▸ **AIM OF THE TASK**
Look through the records and copy each line with the string "ends" in it.

▸ **Dataset entries**

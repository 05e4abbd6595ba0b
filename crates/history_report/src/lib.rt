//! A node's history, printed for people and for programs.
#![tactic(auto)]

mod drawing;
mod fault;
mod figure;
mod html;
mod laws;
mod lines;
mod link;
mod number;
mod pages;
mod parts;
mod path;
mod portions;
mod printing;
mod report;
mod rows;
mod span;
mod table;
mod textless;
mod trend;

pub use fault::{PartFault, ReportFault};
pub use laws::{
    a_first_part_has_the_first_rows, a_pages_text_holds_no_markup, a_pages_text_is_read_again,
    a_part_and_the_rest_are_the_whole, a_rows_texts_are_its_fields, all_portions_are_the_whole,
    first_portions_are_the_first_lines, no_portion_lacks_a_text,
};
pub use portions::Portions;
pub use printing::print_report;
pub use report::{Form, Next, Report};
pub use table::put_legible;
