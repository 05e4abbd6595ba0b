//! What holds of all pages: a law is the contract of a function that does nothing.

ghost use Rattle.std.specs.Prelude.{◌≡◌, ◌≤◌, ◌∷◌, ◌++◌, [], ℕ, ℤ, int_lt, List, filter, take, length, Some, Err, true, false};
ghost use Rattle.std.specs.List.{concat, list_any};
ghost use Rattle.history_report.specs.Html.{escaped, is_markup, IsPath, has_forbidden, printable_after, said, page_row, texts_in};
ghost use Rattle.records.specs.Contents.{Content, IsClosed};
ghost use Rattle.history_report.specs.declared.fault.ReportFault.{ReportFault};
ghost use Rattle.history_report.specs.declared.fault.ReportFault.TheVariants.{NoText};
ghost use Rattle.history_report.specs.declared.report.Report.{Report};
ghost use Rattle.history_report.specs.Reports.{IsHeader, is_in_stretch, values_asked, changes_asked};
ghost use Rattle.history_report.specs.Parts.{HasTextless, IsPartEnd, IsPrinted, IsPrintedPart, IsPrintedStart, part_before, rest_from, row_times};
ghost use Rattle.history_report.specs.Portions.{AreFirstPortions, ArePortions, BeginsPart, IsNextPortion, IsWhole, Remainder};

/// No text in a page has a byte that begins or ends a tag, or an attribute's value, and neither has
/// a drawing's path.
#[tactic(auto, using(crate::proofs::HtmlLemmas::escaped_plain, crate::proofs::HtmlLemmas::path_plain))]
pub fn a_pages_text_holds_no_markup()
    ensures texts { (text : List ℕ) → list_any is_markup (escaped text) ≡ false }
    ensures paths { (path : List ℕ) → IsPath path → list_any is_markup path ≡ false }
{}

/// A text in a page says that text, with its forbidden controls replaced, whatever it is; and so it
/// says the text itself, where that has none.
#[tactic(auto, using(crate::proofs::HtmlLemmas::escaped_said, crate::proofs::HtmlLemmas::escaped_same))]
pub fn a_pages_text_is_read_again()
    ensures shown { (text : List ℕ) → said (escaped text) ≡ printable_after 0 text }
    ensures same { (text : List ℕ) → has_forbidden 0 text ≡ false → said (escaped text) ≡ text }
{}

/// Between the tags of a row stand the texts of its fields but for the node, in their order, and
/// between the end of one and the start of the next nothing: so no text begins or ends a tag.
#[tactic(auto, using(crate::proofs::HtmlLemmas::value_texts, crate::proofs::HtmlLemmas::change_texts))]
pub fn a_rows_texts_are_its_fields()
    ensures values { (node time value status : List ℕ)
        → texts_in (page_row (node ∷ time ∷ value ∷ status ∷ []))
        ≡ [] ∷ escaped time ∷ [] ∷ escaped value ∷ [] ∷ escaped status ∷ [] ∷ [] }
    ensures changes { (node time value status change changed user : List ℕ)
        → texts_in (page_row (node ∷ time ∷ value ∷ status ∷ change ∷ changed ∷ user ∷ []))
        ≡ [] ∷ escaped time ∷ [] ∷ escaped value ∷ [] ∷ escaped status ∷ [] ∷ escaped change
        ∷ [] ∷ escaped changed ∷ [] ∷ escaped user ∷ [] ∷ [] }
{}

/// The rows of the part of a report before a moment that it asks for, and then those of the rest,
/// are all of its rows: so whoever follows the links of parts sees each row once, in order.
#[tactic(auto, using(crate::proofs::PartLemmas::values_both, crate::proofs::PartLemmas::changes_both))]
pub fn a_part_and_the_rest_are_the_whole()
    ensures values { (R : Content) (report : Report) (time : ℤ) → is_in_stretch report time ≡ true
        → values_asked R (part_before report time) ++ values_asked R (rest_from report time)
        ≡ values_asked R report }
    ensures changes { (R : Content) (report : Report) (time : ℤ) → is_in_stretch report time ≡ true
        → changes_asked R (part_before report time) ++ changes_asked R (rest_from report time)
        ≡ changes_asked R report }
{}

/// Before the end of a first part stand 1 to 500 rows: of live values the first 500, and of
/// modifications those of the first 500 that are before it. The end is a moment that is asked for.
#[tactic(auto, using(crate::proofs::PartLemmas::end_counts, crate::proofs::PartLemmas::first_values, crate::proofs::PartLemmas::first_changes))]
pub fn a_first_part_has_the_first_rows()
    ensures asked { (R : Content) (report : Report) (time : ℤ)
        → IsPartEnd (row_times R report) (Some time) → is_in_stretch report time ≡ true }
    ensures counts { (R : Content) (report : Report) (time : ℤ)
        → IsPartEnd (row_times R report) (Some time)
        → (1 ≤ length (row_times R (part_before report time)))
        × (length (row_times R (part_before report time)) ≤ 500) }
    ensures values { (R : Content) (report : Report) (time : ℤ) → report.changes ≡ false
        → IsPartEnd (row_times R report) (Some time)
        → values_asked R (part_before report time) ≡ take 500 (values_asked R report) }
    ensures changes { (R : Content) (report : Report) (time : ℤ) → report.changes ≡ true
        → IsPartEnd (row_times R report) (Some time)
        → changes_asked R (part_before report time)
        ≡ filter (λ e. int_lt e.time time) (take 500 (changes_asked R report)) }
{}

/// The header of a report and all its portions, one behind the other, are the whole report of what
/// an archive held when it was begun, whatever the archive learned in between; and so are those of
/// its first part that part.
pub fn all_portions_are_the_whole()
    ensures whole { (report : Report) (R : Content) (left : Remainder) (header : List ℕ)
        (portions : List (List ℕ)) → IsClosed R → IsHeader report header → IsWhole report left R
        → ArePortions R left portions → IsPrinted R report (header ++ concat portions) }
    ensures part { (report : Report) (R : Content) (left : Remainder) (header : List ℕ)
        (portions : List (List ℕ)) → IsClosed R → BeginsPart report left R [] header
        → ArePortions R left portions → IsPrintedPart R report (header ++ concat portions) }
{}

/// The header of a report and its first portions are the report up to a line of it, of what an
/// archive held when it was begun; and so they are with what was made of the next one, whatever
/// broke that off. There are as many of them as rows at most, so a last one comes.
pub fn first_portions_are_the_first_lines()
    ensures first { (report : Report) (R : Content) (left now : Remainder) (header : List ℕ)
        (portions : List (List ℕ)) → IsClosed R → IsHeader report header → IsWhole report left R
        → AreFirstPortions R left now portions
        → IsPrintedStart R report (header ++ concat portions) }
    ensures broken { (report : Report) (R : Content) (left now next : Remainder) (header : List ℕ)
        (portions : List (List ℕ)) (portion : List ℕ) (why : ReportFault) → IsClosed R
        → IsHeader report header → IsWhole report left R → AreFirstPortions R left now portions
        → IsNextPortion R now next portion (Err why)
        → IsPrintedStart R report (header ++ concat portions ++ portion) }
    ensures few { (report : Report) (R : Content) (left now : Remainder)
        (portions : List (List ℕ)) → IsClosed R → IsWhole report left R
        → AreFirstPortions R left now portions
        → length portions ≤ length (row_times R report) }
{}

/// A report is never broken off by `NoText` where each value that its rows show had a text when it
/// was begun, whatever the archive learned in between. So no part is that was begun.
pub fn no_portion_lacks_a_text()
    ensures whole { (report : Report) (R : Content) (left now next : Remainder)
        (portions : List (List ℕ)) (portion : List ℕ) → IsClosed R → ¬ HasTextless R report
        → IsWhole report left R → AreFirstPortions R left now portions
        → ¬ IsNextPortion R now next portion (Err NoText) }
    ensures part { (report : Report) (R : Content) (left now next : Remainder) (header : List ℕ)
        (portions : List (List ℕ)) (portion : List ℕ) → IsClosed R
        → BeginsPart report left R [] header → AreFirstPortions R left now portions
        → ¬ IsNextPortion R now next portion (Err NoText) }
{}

▸ **TASK RESULT**
/// No text in a page has a byte that begins or ends a tag, or an attribute's value, and neither has
/// between the end of one and the start of the next nothing: so no text begins or ends a tag.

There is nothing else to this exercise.